Thank you so much for the help!! That solved it alright :DDDDD

How did you figure it was the names? I ask because it was a rather simple solution but that never crossed my mind or others that tried to help me... and in case something similar happens again I would like to try and include this in my list of things to consider and check when an error persists .

Thanks again!!!

ADD REPLY
1
Entering edit mode

By looking at the code, after searching for makeChipPackage at https://code.bioconductor.org, under Code search. That will bring up this page, and you can see that the function is described in the first entry. If you click on the link it will bring up the .R file that contains the function plus some helper functions. This code was written by Marc Carlson, and his MO is to put the helper functions (things like .makeProbesTable that you can figure are internal helper functions because of the prepended dot) at the top, and the exported functions at the bottom. So scroll down to `makeChipPackage'.

You can see that makeChipPackage does some checking of the inputs at the beginning and then there's this part

 ## The file name for the DB
    dbFileName <- file.path(outputDir,paste0(prefix, ".sqlite"))
    ## Then make the DB
    makeChipDbFromDataFrame(probeFrame, orgPkgName, tax_id,
                            genus, species, dbFileName, optionalAccessionsFrame)

    ## choose the appropriate pkgTemplate (schema)
    orgSchema <- .getOrgSchema(orgPkgName)
    chipSchema <- .getChipSchema(orgSchema)
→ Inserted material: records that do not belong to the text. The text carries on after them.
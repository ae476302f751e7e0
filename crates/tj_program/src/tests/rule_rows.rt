//! Worked rows of limits of cells and of statements, of broken cells and of the strict rule, by hand
//! from the rules.
use super::row_tests::{AGAINST_THE_ORDER, AnyRow, JOIN_EACH_OTHER, Row, TWO_WAIT};
use tj_command::Status;

const ONE_PROMISE: &str = "task main() { let p = new; return 0; }";

const FORKS_FOR_EVER: &str = "task main() { fork main(); fork main(); return 0; }";

const FIB: &str = "task main() { let t = fork fib(15); let v = join t; print v; return 0; } \
    task fib(n) { if n < 2 { return n; } let a = fork fib(n - 1); \
    let b = fork fib(n - 2); let x = join a; let y = join b; return x + y; }";

// The two first statements, 499,999 tests, 499,998 assignments and the return: a million in all.
const LOOP: &str =
    "task main() { let m = 1; let n = 0; while n < 499998 { n = n + m; } return n; }";

pub(crate) const CELLS: &[Row] = &[
    (
        "run --cells 1",
        ONE_PROMISE,
        Status::Full,
        "full: more than 1 cells\n",
    ),
    (
        "run --cells 2",
        ONE_PROMISE,
        Status::Marked,
        "0 done 0\n0 owes 0.1\nmarked\n",
    ),
    (
        "plan --cells 0000000002",
        ONE_PROMISE,
        Status::Marked,
        "0 done 0\n0 owes 0.1\nmarked\n",
    ),
    (
        "run --workers 1",
        FORKS_FOR_EVER,
        Status::Full,
        "full: more than 4096 cells\n",
    ),
    (
        "run --workers 2",
        FORKS_FOR_EVER,
        Status::Full,
        "full: more than 4096 cells\n",
    ),
    (
        "run --workers 8",
        FORKS_FOR_EVER,
        Status::Full,
        "full: more than 4096 cells\n",
    ),
    (
        "plan",
        FORKS_FOR_EVER,
        Status::Full,
        "full: more than 4096 cells\n",
    ),
    (
        "run --cells 1973",
        FIB,
        Status::Full,
        "full: more than 1973 cells\n",
    ),
];

pub(crate) const BROKEN_BY_ANY: &[AnyRow] = &[(
    "task main() { let p = new; fork kid(own p); let v = get p or 9; return v; } task \
            kid(p) { return 0; }",
    Status::Marked,
    "0 done 9\n0.2 done 0\n0.2 owes 0.1\nmarked\n",
)];

pub(crate) const BROKEN: &[Row] = &[
    (
        "run",
        "task main() { let t = fork bad(); let v = join t or me; return v; } task bad() { \
            return 1 / 0; }",
        Status::Marked,
        "0 done @0\n0.1 failed arith\nmarked\n",
    ),
    (
        "run",
        "task main() { let t = fork bad(); let v = join t or 1 / 0; return v; } task bad() { \
            return 1 / 0; }",
        Status::Marked,
        "0 failed arith\n0.1 failed arith\nmarked\n",
    ),
    (
        "run",
        "task main() { let t = fork bad(); let v = join t or 1 / 0; return v; } task bad() { \
            return 4; }",
        Status::Clean,
        "0 done 4\n0.1 done 4\nclean\n",
    ),
    (
        "run",
        "task main() { let p = new; get p or; }",
        Status::Script,
        "script fault P1 at 1:36\n",
    ),
];

pub(crate) const STRICT: &[Row] = &[
    (
        "run --strict --workers 1",
        JOIN_EACH_OTHER,
        Status::Marked,
        "0 failed broken 0.1\n0.1 failed order 0\nmarked\n",
    ),
    (
        "run --strict --workers 2",
        JOIN_EACH_OTHER,
        Status::Marked,
        "0 failed broken 0.1\n0.1 failed order 0\nmarked\n",
    ),
    (
        "run --strict --workers 8",
        JOIN_EACH_OTHER,
        Status::Marked,
        "0 failed broken 0.1\n0.1 failed order 0\nmarked\n",
    ),
    (
        "plan --strict",
        AGAINST_THE_ORDER,
        Status::Marked,
        "0 done 0\n0.2 failed order 0.3\n0.3 done 1\nmarked\n",
    ),
    (
        "run --strict",
        "task main() { let v = join me; return v; }",
        Status::Marked,
        "0 failed order 0\nmarked\n",
    ),
    (
        "run --strict",
        TWO_WAIT,
        Status::Marked,
        "0 done 0\n0.3 waits for 0.2\n0.4 waits for 0.1\nalarm 0.3 waits for 0.2, 0.4 waits \
            for 0.1\nmarked\n",
    ),
    (
        "run --strict --workers 1",
        AGAINST_THE_ORDER,
        Status::Marked,
        "0 done 0\n0.2 failed order 0.3\n0.3 done 1\nmarked\n",
    ),
    (
        "run --strict --workers 2",
        AGAINST_THE_ORDER,
        Status::Marked,
        "0 done 0\n0.2 failed order 0.3\n0.3 done 1\nmarked\n",
    ),
    (
        "run --strict --workers 8",
        AGAINST_THE_ORDER,
        Status::Marked,
        "0 done 0\n0.2 failed order 0.3\n0.3 done 1\nmarked\n",
    ),
];

pub(crate) const STATEMENTS: &[Row] = &[
    (
        "plan --steps 1000000",
        LOOP,
        Status::Clean,
        "0 done 499998\nclean\n",
    ),
    (
        "plan --steps 999999",
        LOOP,
        Status::Marked,
        "0 failed steps\nmarked\n",
    ),
];
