/// What is done next at a stage, by the word that came.
pub(crate) fn next_of_finishing(at: FinishingStep, word: u32) -> Next
    ensures { result ≡ stages.finishing_next at word }
{
    let at = match at {
        FinishingStep::RightsKind {
            fd,
            headers,
            child,
            header,
        } => {
            if word == PT_LOAD {
                SpawnStep::Finishing {
                    at: FinishingStep::RightsFlags {
                        fd,
                        headers,
                        child,
                        header,
                    },
                }
            } else {
                rights_behind_segment(Child { fd, headers, child }, header)
            }
        }
        FinishingStep::RightsFlags {
            fd,
            headers,
            child,
            header,
        } => {
            if word & PF_W == 0 {
                SpawnStep::Finishing {
                    at: FinishingStep::RightsMemory {
                        fd,
                        headers,
                        child,
                        header,
                    },
                }
            } else {
                rights_behind_segment(Child { fd, headers, child }, header)
            }
        }
        FinishingStep::RightsMemory {
            fd,
            headers,
            child,
            header,
        } => {
            if word == 0 {
                rights_behind_segment(Child { fd, headers, child }, header)
            } else {
                SpawnStep::Finishing {
                    at: FinishingStep::RightsAddress {
                        fd,
                        headers,
                        child,
                        header,
                        memory: word,
                    },
                }
            }
        }
        FinishingStep::RightsAddress {
            fd,
            headers,
            child,
            header,
            memory,
        } => {
            let pages = Pages {
                of: Child { fd, headers, child },
                header,
                page: word / PGSIZE,
                end: last_page(word, memory) + 1,
            };
            others_from(pages, 0)
        }
        FinishingStep::SharedKind {
            fd,
            headers,
            child,
            header,
            page,
            end,
            other,
        } => {
            if word == PT_LOAD {
                SpawnStep::Finishing {
                    at: FinishingStep::SharedFlags {
                        fd,
                        headers,
                        child,
                        header,
                        page,
                        end,
                        other,
                    },
                }
            } else {
                let of = Child { fd, headers, child };
                let pages = Pages {
                    of,
                    header,
                    page,
                    end,
                };
                others_behind(pages, other)
            }
        }
        FinishingStep::SharedFlags {
            fd,
            headers,
            child,
            header,
            page,
            end,
            other,
        } => {
            if word & PF_W == 0 {
                let of = Child { fd, headers, child };
                let pages = Pages {
                    of,
                    header,
                    page,
                    end,
                };
                others_behind(pages, other)
            } else {
                SpawnStep::Finishing {
                    at: FinishingStep::SharedMemory {
                        fd,
                        headers,
                        child,
                        header,
                        page,
                        end,
                        other,
                    },
                }
            }
        }
        FinishingStep::SharedMemory {
            fd,
            headers,
            child,
            header,
            page,
            end,
            other,
        } => {
            if word == 0 {
                let of = Child { fd, headers, child };
                let pages = Pages {
                    of,
                    header,
                    page,
                    end,
                };
                others_behind(pages, other)
            } else {
                SpawnStep::Finishing {
                    at: FinishingStep::SharedAddress {
                        fd,
                        headers,
                        child,
                        header,
                        page,
                        end,
                        other,
                        other_memory: word,
                    },
                }
            }
        }
        FinishingStep::SharedAddress {
            fd,
            headers,
            child,
            header,
            page,
            end,
            other,
            other_memory,
        } => {
            let of = Child { fd, headers, child };
            let pages = Pages {
                of,
                header,
                page,
                end,
            };
            others_behind(pages_without(pages, word, other_memory), other)
        }
        FinishingStep::RightsPage {
            fd,
            headers,
            child,
            header,
            page,
            end,
        } => {
            let of = Child { fd, headers, child };
            let pages = Pages {
                of,
                header,
                page,
                end,
            };
            return unless_refused(fd, child, word, rights_behind(pages));
        }
        FinishingStep::ChildStack { fd, child } => {
            let at = FinishingStep::ChildUpcall { fd, child };
            return unless_refused(fd, child, word, SpawnStep::Finishing { at });
        }
        FinishingStep::ChildUpcall { fd, child } => SpawnStep::Finishing {
            at: FinishingStep::GivingStack { fd, child },
        },
        FinishingStep::GivingStack { fd, child } => {
            let at = FinishingStep::ReleasingStack { fd, child };
            return unless_refused(fd, child, word, SpawnStep::Finishing { at });
        }
        FinishingStep::ReleasingStack { fd, child } => SpawnStep::Finishing {
            at: FinishingStep::ReleasingGiven { fd, child },
        },
        FinishingStep::ReleasingGiven { fd, child } => SpawnStep::Finishing {
            at: FinishingStep::ReleasingPath { fd, child },
        },
        FinishingStep::ReleasingPath { fd, child } => SpawnStep::Finishing {
            at: FinishingStep::DroppingFile { fd, child },
        },
        FinishingStep::DroppingFile { fd: _, child } => {
            return show(SpawnStep::Finishing {
                at: FinishingStep::PassingRegion {
                    child,
                    region: TOP_REGION,
                },
            });
        }
        FinishingStep::PassingRegion { child, region } => region_passed(child, region, word),
        FinishingStep::PassingEntry { child, page } => entry_passed(child, page, word),
        FinishingStep::PassingPage { child, page, .. } => {
            return unless_refused(NO_DESCRIPTOR, child, word, passed_below(child, page));
        }
        FinishingStep::ChildRuns { child } => return Next::Answer(child),
    };
    go_on(at)
}
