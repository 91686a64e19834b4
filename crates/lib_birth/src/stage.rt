//! spawn at one of these stages.

ghost use Rattle.std.specs.Prelude.{◌≡◌};
ghost use Rattle.lib_birth.specs.BirthStages as stages;

use crate::finishing::{ask_of_finishing, next_of_finishing};
use crate::undoing::{ask_of_undoing, next_of_undoing};
use jos_base::Called;
use lib_os::{FinishingStep, SERVICE_SPAWN, SpawnStep, UndoingStep, answer_of};
use lib_stage::{Ask, Next, Planned};

/// How far spawn is, whose child is to be born, or not. It answers the child's id, or the error by which it was refused something, negated.
/// (MIT 6.828, lab 5: lib/spawn.c)
#[derive(Clone, Copy, Debug)]
pub enum BirthStage {
    /// The child has the bytes of all segments, and is given the rest.
    Finishing { at: FinishingStep },
    /// Spawn was refused something, and undoes what it has done.
    Undoing { at: UndoingStep },
}

impl BirthStage {
    /// The stage that is kept as a step of spawn, if it is one of these.
    pub fn at_step(step: SpawnStep) -> Option<BirthStage>
        ensures { result ≡ stages.stage_at step }
    {
        match step {
            SpawnStep::Finishing { at } => Some(BirthStage::Finishing { at }),
            SpawnStep::Undoing { at } => Some(BirthStage::Undoing { at }),
            _ => None,
        }
    }
}

impl Planned for BirthStage {
    ghost use Rattle.lib_birth.specs.BirthStages.{births};

    ghost plan = { births };

    fn number(&self) -> u32 {
        SERVICE_SPAWN
    }

    fn ask(&self) -> Ask {
        match *self {
            BirthStage::Finishing { at } => ask_of_finishing(at),
            BirthStage::Undoing { at } => ask_of_undoing(at),
        }
    }

    fn next(&self, called: Called) -> Next {
        match *self {
            BirthStage::Finishing { at } => next_of_finishing(at, answer_of(called)),
            BirthStage::Undoing { at } => next_of_undoing(at, called),
        }
    }
}
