//! How spawn's child is born, and how spawn undoes what it has done where it is refused something.
//!
//! In the abstract system (`AbstractSpawn.antt` of `lib_os`) the child is born all at once, behind a step in which the descriptor of its file is dropped;
//! and one that is not to be born goes in a step of its own, before the descriptor, and that before the answer. Here is a plan of what spawn asks of the
//! kernel at each stage, and of what it does next by the reply: the rights of the child's pages, its stacks, its handler of page faults, and the shared
//! pages that are passed on to it (`FinishingStages.antt`), and how it is destroyed (`UndoingStages.antt`).
#![tactic(auto)]

mod finishing;
mod stage;
mod undoing;

pub use stage::BirthStage;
Which is about the only code that appears to do anything to the probeFrame. We need to find makeChipDbFromDataFrame so we scroll up a bit to find it, and eyeball that code. Now here is the trick; you won't find data.frame(..., check.names = FALSE) anywhere in that function, but it's there, right at the bottom of this code block:

 ## 1st connect to the org package
    require(orgPkgName, character.only = TRUE)
    ## Then make final column for the probeFrame            
    multiple <- unlist(lapply(as.character(probeFrame$probes),
                              .testForMultiples,
                              probes=as.character(probeFrame$probes)))
    probeFrame <- cbind(probeFrame, multiple)

Now here's why I say it's tricky. The cbind function is a special type of function called a 'method', which means that it behaves differently based on the input (in this case the input are data.frame). And there are more than one type of method in R, and they work differently depending on the type of method. Most of base R and the tidyverse use what's called S3 methods, and Bioconductor mostly uses S4 methods. It's complicated and boring and you don't need to know much about that, so for purposes of this discussion, we'll just say that cbind is both an S3 and an S4 method, and that an S3 method has the form function.object, so the version of cbind that is meant to operate on a data.frame is called cbind.data.frame. Additionally, not all methods are 'visible', meaning you can't just type the name of the function at an R prompt to see the code. But you can get a listing of all the methods for a function using the methods function:

> methods(cbind)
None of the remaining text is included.